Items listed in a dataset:
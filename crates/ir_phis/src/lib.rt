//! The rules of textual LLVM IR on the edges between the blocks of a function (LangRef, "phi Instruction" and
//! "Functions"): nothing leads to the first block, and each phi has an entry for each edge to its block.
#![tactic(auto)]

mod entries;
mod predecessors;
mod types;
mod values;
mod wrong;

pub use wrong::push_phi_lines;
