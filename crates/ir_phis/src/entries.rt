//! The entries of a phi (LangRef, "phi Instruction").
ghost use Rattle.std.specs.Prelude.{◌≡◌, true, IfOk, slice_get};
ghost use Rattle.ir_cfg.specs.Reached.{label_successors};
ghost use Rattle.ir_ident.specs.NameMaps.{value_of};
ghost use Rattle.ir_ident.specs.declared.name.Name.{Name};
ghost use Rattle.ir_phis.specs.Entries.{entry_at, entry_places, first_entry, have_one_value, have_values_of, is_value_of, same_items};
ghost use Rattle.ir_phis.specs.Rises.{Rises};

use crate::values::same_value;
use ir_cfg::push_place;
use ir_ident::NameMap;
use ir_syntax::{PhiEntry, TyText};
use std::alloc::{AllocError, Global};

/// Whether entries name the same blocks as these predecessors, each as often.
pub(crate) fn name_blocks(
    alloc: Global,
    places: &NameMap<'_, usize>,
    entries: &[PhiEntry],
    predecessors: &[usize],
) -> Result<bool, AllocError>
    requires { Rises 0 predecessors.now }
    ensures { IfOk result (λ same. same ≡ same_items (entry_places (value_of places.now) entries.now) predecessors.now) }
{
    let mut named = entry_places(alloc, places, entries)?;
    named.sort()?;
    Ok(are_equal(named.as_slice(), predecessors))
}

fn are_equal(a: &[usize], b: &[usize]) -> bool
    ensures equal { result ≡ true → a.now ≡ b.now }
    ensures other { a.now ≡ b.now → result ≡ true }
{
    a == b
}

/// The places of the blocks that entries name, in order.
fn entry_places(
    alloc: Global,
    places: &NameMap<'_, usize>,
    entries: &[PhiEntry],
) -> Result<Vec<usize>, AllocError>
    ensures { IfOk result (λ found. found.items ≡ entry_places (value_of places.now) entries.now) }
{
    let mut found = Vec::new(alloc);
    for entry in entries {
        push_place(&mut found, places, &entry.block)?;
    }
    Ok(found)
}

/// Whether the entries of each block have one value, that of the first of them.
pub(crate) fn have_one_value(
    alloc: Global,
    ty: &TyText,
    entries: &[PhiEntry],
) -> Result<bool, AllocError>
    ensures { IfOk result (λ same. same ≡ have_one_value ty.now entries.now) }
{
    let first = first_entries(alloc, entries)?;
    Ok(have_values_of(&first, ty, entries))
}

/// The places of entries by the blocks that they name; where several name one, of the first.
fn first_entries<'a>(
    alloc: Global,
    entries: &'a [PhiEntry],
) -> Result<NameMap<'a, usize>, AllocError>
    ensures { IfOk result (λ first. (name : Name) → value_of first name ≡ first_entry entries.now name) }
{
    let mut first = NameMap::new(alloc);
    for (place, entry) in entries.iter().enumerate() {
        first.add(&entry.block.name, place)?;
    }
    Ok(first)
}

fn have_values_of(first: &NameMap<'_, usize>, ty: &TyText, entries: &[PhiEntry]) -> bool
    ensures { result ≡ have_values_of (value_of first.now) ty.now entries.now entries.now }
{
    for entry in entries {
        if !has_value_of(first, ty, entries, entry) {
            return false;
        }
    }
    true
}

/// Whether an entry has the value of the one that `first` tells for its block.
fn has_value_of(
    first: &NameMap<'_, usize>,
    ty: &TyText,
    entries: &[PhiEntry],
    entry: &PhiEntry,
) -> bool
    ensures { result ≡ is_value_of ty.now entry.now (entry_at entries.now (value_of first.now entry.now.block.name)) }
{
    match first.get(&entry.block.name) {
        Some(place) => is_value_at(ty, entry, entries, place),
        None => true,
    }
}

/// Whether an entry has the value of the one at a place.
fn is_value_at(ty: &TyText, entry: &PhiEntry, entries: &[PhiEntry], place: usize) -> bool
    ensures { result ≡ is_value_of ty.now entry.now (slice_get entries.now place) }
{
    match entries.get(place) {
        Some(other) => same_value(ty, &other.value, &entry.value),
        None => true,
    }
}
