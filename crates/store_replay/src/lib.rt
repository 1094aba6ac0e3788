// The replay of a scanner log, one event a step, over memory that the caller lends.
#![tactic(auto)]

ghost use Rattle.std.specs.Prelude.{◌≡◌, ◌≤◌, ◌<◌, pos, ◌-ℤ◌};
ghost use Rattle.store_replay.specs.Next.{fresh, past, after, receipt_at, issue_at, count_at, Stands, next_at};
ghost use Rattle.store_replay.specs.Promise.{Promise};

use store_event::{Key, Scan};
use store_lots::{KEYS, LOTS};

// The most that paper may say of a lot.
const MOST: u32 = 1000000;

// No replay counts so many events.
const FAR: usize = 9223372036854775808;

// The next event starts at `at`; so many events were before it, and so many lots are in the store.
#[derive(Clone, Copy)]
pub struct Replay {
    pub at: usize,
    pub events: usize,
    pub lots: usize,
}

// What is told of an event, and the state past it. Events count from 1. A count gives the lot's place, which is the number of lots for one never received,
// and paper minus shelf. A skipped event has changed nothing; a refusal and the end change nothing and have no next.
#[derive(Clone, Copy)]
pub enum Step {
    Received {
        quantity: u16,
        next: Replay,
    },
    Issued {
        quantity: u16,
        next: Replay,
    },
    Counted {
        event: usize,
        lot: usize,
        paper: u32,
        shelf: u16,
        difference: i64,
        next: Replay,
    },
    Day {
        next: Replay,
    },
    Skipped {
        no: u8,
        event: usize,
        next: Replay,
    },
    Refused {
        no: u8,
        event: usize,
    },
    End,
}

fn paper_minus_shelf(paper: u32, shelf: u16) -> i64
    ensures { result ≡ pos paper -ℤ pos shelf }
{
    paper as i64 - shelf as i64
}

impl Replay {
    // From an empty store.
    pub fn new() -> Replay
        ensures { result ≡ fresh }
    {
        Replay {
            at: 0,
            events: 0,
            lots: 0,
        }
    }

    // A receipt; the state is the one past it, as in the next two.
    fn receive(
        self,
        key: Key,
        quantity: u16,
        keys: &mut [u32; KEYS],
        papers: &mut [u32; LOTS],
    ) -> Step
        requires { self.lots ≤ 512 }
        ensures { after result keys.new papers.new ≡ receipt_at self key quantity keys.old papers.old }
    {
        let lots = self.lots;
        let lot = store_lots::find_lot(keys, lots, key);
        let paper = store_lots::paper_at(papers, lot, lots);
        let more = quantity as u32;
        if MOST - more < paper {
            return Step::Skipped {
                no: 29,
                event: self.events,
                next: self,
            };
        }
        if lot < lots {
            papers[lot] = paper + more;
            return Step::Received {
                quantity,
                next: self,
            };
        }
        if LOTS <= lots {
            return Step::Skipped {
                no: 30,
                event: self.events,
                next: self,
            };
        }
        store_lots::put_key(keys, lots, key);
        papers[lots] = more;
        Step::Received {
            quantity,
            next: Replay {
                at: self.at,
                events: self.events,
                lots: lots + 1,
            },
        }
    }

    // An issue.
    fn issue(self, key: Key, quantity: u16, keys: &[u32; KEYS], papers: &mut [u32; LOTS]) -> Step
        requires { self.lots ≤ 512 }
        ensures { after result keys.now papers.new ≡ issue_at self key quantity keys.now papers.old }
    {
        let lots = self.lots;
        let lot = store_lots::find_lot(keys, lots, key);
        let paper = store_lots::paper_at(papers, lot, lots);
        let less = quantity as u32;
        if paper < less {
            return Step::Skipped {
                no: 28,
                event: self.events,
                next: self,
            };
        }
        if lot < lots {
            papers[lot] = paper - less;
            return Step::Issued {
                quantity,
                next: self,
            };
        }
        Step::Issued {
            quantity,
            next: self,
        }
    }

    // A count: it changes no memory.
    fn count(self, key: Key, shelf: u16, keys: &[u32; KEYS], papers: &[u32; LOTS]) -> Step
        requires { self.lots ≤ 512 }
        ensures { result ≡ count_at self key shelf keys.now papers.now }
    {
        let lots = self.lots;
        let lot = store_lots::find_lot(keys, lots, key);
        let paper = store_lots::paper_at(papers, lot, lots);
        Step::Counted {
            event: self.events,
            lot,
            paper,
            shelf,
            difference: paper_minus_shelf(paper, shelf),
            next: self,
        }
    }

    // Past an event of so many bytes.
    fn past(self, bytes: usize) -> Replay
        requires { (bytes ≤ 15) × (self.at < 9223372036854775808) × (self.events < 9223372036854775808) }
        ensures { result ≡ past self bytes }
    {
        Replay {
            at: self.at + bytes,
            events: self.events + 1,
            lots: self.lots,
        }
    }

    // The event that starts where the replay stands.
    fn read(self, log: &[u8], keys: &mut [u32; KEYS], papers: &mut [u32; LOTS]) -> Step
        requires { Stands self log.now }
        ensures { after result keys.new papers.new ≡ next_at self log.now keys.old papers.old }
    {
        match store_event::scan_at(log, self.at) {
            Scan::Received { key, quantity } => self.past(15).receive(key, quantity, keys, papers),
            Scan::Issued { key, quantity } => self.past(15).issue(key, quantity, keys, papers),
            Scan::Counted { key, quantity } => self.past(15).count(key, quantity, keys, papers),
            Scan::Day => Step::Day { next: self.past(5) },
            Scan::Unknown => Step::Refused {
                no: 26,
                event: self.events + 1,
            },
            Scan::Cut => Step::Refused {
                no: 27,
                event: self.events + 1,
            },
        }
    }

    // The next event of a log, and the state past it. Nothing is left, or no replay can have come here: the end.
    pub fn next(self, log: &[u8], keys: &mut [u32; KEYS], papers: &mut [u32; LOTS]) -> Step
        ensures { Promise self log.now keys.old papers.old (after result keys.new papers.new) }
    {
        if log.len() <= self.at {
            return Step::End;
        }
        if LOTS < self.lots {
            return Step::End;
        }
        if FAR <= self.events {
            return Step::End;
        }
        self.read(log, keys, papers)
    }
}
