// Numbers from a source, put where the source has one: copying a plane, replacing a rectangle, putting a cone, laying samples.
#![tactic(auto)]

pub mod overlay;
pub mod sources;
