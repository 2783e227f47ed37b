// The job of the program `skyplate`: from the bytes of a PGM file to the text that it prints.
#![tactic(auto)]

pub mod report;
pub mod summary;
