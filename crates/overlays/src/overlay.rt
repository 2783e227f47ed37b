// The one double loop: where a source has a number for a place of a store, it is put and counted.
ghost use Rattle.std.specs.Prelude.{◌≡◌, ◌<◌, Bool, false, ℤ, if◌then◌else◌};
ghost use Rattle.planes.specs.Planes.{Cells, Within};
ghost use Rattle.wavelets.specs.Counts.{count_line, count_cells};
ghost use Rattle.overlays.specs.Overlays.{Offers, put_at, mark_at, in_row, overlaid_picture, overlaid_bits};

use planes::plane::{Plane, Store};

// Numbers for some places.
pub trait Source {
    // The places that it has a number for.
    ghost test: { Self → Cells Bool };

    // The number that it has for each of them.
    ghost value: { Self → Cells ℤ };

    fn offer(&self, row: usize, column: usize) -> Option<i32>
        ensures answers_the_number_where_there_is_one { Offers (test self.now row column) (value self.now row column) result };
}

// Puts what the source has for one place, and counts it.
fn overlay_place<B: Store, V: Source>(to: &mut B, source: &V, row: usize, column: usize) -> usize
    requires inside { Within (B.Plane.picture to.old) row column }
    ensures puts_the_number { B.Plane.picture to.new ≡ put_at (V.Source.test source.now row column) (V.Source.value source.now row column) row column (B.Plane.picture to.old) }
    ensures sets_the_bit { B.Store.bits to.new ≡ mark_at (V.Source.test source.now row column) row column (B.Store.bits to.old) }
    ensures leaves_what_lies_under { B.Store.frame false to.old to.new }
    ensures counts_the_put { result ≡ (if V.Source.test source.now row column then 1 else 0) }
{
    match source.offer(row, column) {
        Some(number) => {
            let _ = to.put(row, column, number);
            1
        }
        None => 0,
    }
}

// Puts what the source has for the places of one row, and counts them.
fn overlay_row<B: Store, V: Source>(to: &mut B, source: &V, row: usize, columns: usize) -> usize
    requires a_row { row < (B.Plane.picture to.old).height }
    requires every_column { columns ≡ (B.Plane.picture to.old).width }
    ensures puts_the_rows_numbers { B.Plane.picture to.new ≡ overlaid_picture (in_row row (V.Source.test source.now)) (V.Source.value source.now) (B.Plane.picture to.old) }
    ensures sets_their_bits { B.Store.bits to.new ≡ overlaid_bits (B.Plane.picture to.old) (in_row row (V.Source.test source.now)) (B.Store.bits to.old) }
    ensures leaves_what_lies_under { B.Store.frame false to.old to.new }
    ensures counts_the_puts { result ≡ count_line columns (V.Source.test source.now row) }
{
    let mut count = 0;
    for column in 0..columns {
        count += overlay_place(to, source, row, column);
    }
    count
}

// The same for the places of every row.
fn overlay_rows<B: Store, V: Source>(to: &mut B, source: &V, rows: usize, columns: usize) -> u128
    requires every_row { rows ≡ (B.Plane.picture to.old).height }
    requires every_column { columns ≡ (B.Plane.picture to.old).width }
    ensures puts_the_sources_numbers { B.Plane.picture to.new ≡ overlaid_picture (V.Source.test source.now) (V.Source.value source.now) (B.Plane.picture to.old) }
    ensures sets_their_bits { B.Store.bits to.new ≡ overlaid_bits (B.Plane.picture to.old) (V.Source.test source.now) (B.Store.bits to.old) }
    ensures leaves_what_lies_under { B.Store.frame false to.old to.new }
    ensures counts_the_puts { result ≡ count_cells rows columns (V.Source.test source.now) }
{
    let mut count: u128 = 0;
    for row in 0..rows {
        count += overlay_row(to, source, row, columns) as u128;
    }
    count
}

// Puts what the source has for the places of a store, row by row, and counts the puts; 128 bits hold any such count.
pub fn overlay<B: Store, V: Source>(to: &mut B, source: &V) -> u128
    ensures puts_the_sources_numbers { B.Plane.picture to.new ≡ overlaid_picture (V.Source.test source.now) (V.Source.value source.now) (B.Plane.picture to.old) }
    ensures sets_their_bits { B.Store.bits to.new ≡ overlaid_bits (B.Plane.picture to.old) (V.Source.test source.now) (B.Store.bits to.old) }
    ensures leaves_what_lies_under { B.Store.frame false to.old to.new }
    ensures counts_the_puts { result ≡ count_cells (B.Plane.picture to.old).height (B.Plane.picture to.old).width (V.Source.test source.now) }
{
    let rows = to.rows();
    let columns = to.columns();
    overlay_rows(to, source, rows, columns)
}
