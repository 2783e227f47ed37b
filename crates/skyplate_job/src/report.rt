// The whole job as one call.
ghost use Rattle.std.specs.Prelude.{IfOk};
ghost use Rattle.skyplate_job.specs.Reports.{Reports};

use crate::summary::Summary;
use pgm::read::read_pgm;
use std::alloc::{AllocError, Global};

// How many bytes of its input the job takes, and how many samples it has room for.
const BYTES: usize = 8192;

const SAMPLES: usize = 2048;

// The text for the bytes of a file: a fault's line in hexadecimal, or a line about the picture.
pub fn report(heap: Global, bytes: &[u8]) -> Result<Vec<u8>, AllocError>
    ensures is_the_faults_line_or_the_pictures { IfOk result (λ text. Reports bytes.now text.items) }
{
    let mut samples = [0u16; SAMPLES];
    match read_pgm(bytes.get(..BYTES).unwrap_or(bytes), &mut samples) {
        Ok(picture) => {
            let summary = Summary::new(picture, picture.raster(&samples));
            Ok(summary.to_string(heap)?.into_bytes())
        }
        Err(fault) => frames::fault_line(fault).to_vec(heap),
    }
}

-- Exercise prompt --
Lines from the first one above through the line containing "filename crates/ir_phis/src/entries.rt" are to be retyped exactly, both included, and nothing more.

-- Answer box --
filename crates/ir_phis/src/lib.rt
//! The rules of textual LLVM IR on the edges between the blocks of a function (LangRef, "phi Instruction" and
//! "Functions"): nothing leads to the first block, and each phi has an entry for each edge to its block.
#![tactic(auto)]

mod entries;
mod predecessors;
mod types;
mod values;
mod wrong;

pub use wrong::push_phi_lines;
filename crates/ir_phis/src/entries.rt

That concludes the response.